Jorja groaned as the bad joke finally clicked.
“Well,” he conceded, “one’s a bit more black and smelly, and isn’t around for the big Christmassy finish, but, Ben, my friend...” Josh took another step into the cubicle, clapping a hand on the young man’s shoulder from behind and lowering himself so that he spoke slowly and directly into the young man’s ear. “I’ve known this doctor for a very long time, and if she needs to stabilize the neuronal membrane in your finger by inhibiting the ionic fluxes required for the instigation and conduction of nerve impulses in order to stem the geyser of blood shooting from that finger of yours, she knows what she’s talking about, hear?”
Ben nodded dumbly.
“Right!” Josh raised a hand to reveal a set of car keys dangling from his fingers.
He saw Katie’s eyebrow quirk upward. He would have laid a fiver on the fact she was thinking he’d taken up pickpocketing to add a bit more adrenaline to his life. He’d win the bet and she’d be wrong. He’d just seen enough drunks in his Big City ER Tour. The one where he had done everything but successfully forget the brown-eyed beauty standing right in front of him.
He cleared his throat and stepped away from Ben. “You owe Dr. We—Dr. McGann an apology. And while you do that—” he jangled the keys from his finger “—I’ll just be popping these babies over to Security until we get someone to pick you up.”
Ben opened his mouth to object, his eyes moving from physician to nurse and back to Josh before he muttered something about being out of order, his mother’s stupid car, and then, with a sag of the shoulders, he finally started digging a cell phone out of his pocket.
“Excellent!” Josh tossed the keys up in the air, caught them with a flourish, gave Jorja a wink and tugged the curtain shut behind him before anyone could say boo.
“Well...” Josh heard Jorja say before he headed off. “He’s certainly a breath of fresh air!”
Katie muttered something he couldn’t quite make out. Probably just as well.
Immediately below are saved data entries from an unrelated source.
//! The live entries by rank: the list goes down by ranks, so they say where each link leads.

ghost use Rattle.std.specs.Prelude.{◌≡◌, ℕ, length};
ghost use Rattle.cpu_words.specs.Common.{LeadsBelow, IsBefore, IsLinkPlace};
ghost use Rattle.passive_list.specs.Keepers.{AreRanksOf, states_of};
ghost use Rattle.passive_list.specs.Publishing.{is_newer, newer_of, is_older, older_of, link_to, place_of};

use crate::keeper::KeptSlot;
use registry_values::is_live;

/// A live entry: where it is, and its rank.
#[derive(Clone, Copy)]
pub(crate) struct At {
    slot: u8,
    rank: u64,
}

/// The link that leads to the live entry with the greatest rank below `rank`: its slot plus 1, or 0 where there is none.
#[tactic(auto, using(crate::proofs::Leading::newest_to, crate::proofs::Leading::newest_leads))]
pub(crate) fn link_below(rows: &[KeptSlot], slots: u8, rank: u64) -> u64
    requires { length rows.now ≡ slots }
    ensures { (ranks : ℕ → ℕ) → AreRanksOf ranks rows.now → LeadsBelow ranks (states_of rows.now) rank result }
{
    let mut best = None;
    for t in 0..slots {
        best = newer_of(rank, t, best, &rows[t as usize]);
    }
    link_to(best)
}

/// The slot of the live entry with the least rank above `rank`.
#[tactic(auto, using(crate::proofs::Leading::oldest_to, crate::proofs::Leading::oldest_before, crate::proofs::Leading::oldest_place))]
pub(crate) fn slot_above(rows: &[KeptSlot], slots: u8, rank: u64) -> Option<u8>
    requires { length rows.now ≡ slots }
    ensures before { (ranks : ℕ → ℕ) → AreRanksOf ranks rows.now → IsBefore ranks (states_of rows.now) rank result }
    ensures place { IsLinkPlace slots result }
{
    let mut best = None;
    for t in 0..slots {
        best = older_of(rank, t, best, &rows[t as usize]);
    }
    place_of(best)
}

fn place_of(best: Option<At>) -> Option<u8>
    ensures { result ≡ place_of best }
{
    match best {
        None => None,
        Some(at) => Some(at.slot),
    }
}

fn link_to(best: Option<At>) -> u64
    ensures { result ≡ link_to best }
{
    match best {
        None => 0,
        Some(at) => at.slot as u64 + 1,
    }
}

/// The newest so far below a rank, where this is the row of the next slot.
fn newer_of(rank: u64, slot: u8, best: Option<At>, row: &KeptSlot) -> Option<At>
    ensures { result ≡ newer_of rank slot best row.now }
{
    if is_live(&row.state) && row.rank < rank && is_newer(row.rank, best) {
        return Some(At {
            slot,
            rank: row.rank,
        });
    }
    best
}

fn is_newer(rank: u64, best: Option<At>) -> bool
    ensures { result ≡ is_newer rank best }
{
    match best {
        None => true,
        Some(at) => at.rank < rank,
    }
}

/// The oldest so far above a rank, where this is the row of the next slot.
fn older_of(rank: u64, slot: u8, best: Option<At>, row: &KeptSlot) -> Option<At>
    ensures { result ≡ older_of rank slot best row.now }
{
    if is_live(&row.state) && rank < row.rank && is_older(row.rank, best) {
        return Some(At {
            slot,
            rank: row.rank,
        });
    }
    best
}

fn is_older(rank: u64, best: Option<At>) -> bool
    ensures { result ≡ is_older rank best }
{
    match best {
        None => true,
        Some(at) => rank < at.rank,
    }
}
Josh grinned, his shoes glued to the floor until he was sure peace reigned behind Curtain Three. He heard Katie clear her throat and put on her bright voice—the one she used when she was irritated with him.
“Now, then, Ben, if you can just show me that finger of yours, we can get you stitched up and home before you know it. Jorja? Could you hand me some of the hemostatic dressing, please? We need to get the wound to clot.”